=== Input data ===
/// What is known of a difference, if none wraps.
fn difference(a: Option<Range>, b: Option<Range>) -> Option<Range>
    ensures { (x y : ℕ) → IsIn a x → IsIn b y → IsIn result ((x + (2 ^ 64 - y)) % 2 ^ 64) }
{
    let (a, b) = (a?, b?);
    if b.high <= a.low && b.low <= b.high && a.low <= a.high {
        between(a.low - b.high, a.high - b.low)
    } else {
        None
    }
}

/// What is known of a product, if none wraps.
pub(crate) fn product(a: Option<Range>, b: Option<Range>) -> Option<Range>
    ensures { (x y : ℕ) → IsIn a x → IsIn b y → IsIn result ((x * y) % 2 ^ 64) }
{
    let (a, b) = (a?, b?);
    between(a.low.checked_mul(b.low)?, a.high.checked_mul(b.high)?)
}

/// What a shift by a known number multiplies or divides by.
fn power_of(b: Option<Range>, bits: u64) -> Option<u64>
    requires { (0 < bits) × (bits ≤ 64) }
    ensures { IfSome result (λ power. (y : ℕ) → IsIn b y → 2 ^ (y % bits) ≡ power) }
{
    Some(1 << (number_of(b)? % bits))
}

/// What is known of a shift to the left by a known number.
fn shift_left(a: Option<Range>, b: Option<Range>, bits: u64) -> Option<Range>
    requires { (0 < bits) × (bits ≤ 64) }
    ensures { (x y : ℕ) → IsIn a x → IsIn b y → IsIn result ((x * 2 ^ (y % bits)) % 2 ^ 64) }
{
    let power = power_of(b, bits)?;
    product(a, only(power))
}

/// What is known of a shift to the right.
fn shift_right(a: Option<Range>, b: Option<Range>, bits: u64) -> Option<Range>
    requires { (0 < bits) × (bits ≤ 64) }
    ensures { (x y : ℕ) → IsIn a x → IsIn b y → IsIn result (x / 2 ^ (y % bits)) }
{
    quotient(a, power_of(b, bits))
}
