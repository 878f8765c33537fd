//! Which seccomp profile a container of a pod gets: Kubernetes 1.27, "Restrict a Container's Syscalls with
//! seccomp" and the kubelet's `seccompDefault`.
//!
//! `specs/Choice.antt` defines the choice. Nothing here takes memory.
//!
//! # What is proved
//!
//! - A privileged container has no profile. Another has its own, else the pod's, else the node's default:
//!   `pick`.
#![tactic(auto)]

mod choice;

pub use choice::{Choice, pick};
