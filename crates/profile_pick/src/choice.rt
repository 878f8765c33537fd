ghost use Rattle.std.specs.Prelude.{◌≡◌, ◌<◌, IfSome, length, slice_get};
ghost use Rattle.profile_pick.specs.Choice.{choice_of, choice_seen, node_default};

use manifest::{Container, DescendingPath, Pod, SeccompProfile};

/// The profile that a container gets.
#[derive(Clone, Copy, Debug, PartialEq, Eq)]
pub enum Choice<'p> {
    /// The profile of the runtime.
    RuntimeDefault,
    /// The profile in this file, relative to the node's folder of profiles.
    Localhost(&'p DescendingPath),
    /// No profile.
    Unconfined,
}

/// The profile of the container at this place, counting init containers first. If the node's seccomp default
/// is on, a container without a profile gets that of the runtime.
pub fn pick(pod: &Pod, at: usize, seccomp_default: bool) -> Choice<'_>
    requires { at < length pod.now.containers.all }
    ensures { IfSome (slice_get pod.now.containers.all at) (λ container.
        choice_seen result ≡ choice_of pod.now.profile container seccomp_default) }
{
    picked(
        &pod.profile,
        &pod.containers.as_slice()[at],
        seccomp_default,
    )
}

// The first of these that is set decides.
fn picked<'p>(
    of_pod: &'p Option<SeccompProfile>,
    container: &'p Container,
    seccomp_default: bool,
) -> Choice<'p>
    ensures { choice_seen result ≡ choice_of of_pod.now container.now seccomp_default }
{
    if container.privileged {
        return Choice::Unconfined;
    }
    match (&container.profile, of_pod) {
        (Some(profile), _) => lent(profile),
        (None, Some(profile)) => lent(profile),
        (None, None) => by_default(seccomp_default),
    }
}

fn by_default<'p>(seccomp_default: bool) -> Choice<'p>
    ensures { choice_seen result ≡ node_default seccomp_default }
{
    if seccomp_default {
        Choice::RuntimeDefault
    } else {
        Choice::Unconfined
    }
}

fn lent(profile: &SeccompProfile) -> Choice<'_>
    ensures { choice_seen result ≡ profile.now }
{
    match profile {
        SeccompProfile::RuntimeDefault => Choice::RuntimeDefault,
        SeccompProfile::Localhost(path) => Choice::Localhost(path),
        SeccompProfile::Unconfined => Choice::Unconfined,
    }
}
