use super::*;
use std::test::Fail;

#[test]
fn fills(rt: HostRuntime) -> Result<(), Fail> {
    let mut list = Bounded::<u32, 3>::new(rt.alloc())?;
    for i in 0..3u32 {
        assert!(rt; !list.is_full());
        assert_eq!(rt; list.try_push(i), Ok(()));
    }
    assert!(rt; list.is_full());
    assert_eq!(rt; list.try_push(7), Err(7));
    assert_eq!(rt; list.items.as_slice(), [0, 1, 2].as_slice());
    Ok(())
}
===
Exercise goal » Repeat the listing exactly, leaving nothing out.

Exercise output »
/// What is known of a difference, if none wraps.
fn difference(a: Option<Range>, b: Option<Range>) -> Option<Range>
    ensures { (x y : ℕ) → IsIn a x → IsIn b y → IsIn result ((x + (2 ^ 64 - y)) % 2 ^ 64) }
{
    let (a, b) = (a?, b?);
    if b.high <= a.low && b.low <= b.high && a.low <= a.high {
        between(a.low - b.high, a.high - b.low)
    } else {
        None
    }
}

/// What is known of a product, if none wraps.
pub(crate) fn product(a: Option<Range>, b: Option<Range>) -> Option<Range>
    ensures { (x y : ℕ) → IsIn a x → IsIn b y → IsIn result ((x * y) % 2 ^ 64) }
{
    let (a, b) = (a?, b?);
    between(a.low.checked_mul(b.low)?, a.high.checked_mul(b.high)?)
}

/// What a shift by a known number multiplies or divides by.
fn power_of(b: Option<Range>, bits: u64) -> Option<u64>
    requires { (0 < bits) × (bits ≤ 64) }
    ensures { IfSome result (λ power. (y : ℕ) → IsIn b y → 2 ^ (y % bits) ≡ power) }
{
    Some(1 << (number_of(b)? % bits))
}

/// What is known of a shift to the left by a known number.
fn shift_left(a: Option<Range>, b: Option<Range>, bits: u64) -> Option<Range>
    requires { (0 < bits) × (bits ≤ 64) }
    ensures { (x y : ℕ) → IsIn a x → IsIn b y → IsIn result ((x * 2 ^ (y % bits)) % 2 ^ 64) }
{
    let power = power_of(b, bits)?;
    product(a, only(power))
}

/// What is known of a shift to the right.
fn shift_right(a: Option<Range>, b: Option<Range>, bits: u64) -> Option<Range>
    requires { (0 < bits) × (bits ≤ 64) }
    ensures { (x y : ℕ) → IsIn a x → IsIn b y → IsIn result (x / 2 ^ (y % bits)) }
{
    quotient(a, power_of(b, bits))
}
repository 878f8765c33537fd
//! Which seccomp profile a container of a pod gets: Kubernetes 1.27, "Restrict a Container's Syscalls with
//! seccomp" and the kubelet's `seccompDefault`.
//!
//! `specs/Choice.antt` defines the choice. Nothing here takes memory.
//!
//! # What is proved
//!
//! - A privileged container has no profile. Another has its own, else the pod's, else the node's default:
//!   `pick`.
#![tactic(auto)]

mod choice;

pub use choice::{Choice, pick};
filename crates/profile_pick/src/choice.rt
repository 878f8765c33537fd
ghost use Rattle.std.specs.Prelude.{◌≡◌, ◌<◌, IfSome, length, slice_get};
ghost use Rattle.profile_pick.specs.Choice.{choice_of, choice_seen, node_default};

use manifest::{Container, DescendingPath, Pod, SeccompProfile};

/// The profile that a container gets.
#[derive(Clone, Copy, Debug, PartialEq, Eq)]
pub enum Choice<'p> {
    /// The profile of the runtime.
    RuntimeDefault,
    /// The profile in this file, relative to the node's folder of profiles.
    Localhost(&'p DescendingPath),
    /// No profile.
    Unconfined,
}

/// The profile of the container at this place, counting init containers first. If the node's seccomp default
/// is on, a container without a profile gets that of the runtime.
pub fn pick(pod: &Pod, at: usize, seccomp_default: bool) -> Choice<'_>
    requires { at < length pod.now.containers.all }
    ensures { IfSome (slice_get pod.now.containers.all at) (λ container.
        choice_seen result ≡ choice_of pod.now.profile container seccomp_default) }
{
    picked(
        &pod.profile,
        &pod.containers.as_slice()[at],
        seccomp_default,
    )
}

// The first of these that is set decides.
fn picked<'p>(
    of_pod: &'p Option<SeccompProfile>,
    container: &'p Container,
    seccomp_default: bool,
) -> Choice<'p>
    ensures { choice_seen result ≡ choice_of of_pod.now container.now seccomp_default }
{
    if container.privileged {
        return Choice::Unconfined;
    }
    match (&container.profile, of_pod) {
        (Some(profile), _) => lent(profile),
        (None, Some(profile)) => lent(profile),
        (None, None) => by_default(seccomp_default),
    }
}

fn by_default<'p>(seccomp_default: bool) -> Choice<'p>
    ensures { choice_seen result ≡ node_default seccomp_default }
{
    if seccomp_default {
        Choice::RuntimeDefault
    } else {
        Choice::Unconfined
    }
}

fn lent(profile: &SeccompProfile) -> Choice<'_>
    ensures { choice_seen result ≡ profile.now }
{
    match profile {
        SeccompProfile::RuntimeDefault => Choice::RuntimeDefault,
        SeccompProfile::Localhost(path) => Choice::Localhost(path),
        SeccompProfile::Unconfined => Choice::Unconfined,
    }
}
use super::*;
use std::test::Fail;

#[test]
fn fills(rt: HostRuntime) -> Result<(), Fail> {
    let mut list = Bounded::<u32, 3>::new(rt.alloc())?;
    for i in 0..3u32 {
        assert!(rt; !list.is_full());
        assert_eq!(rt; list.try_push(i), Ok(()));
    }
    assert!(rt; list.is_full());
    assert_eq!(rt; list.try_push(7), Err(7));
    assert_eq!(rt; list.items.as_slice(), [0, 1, 2].as_slice());
    Ok(())
}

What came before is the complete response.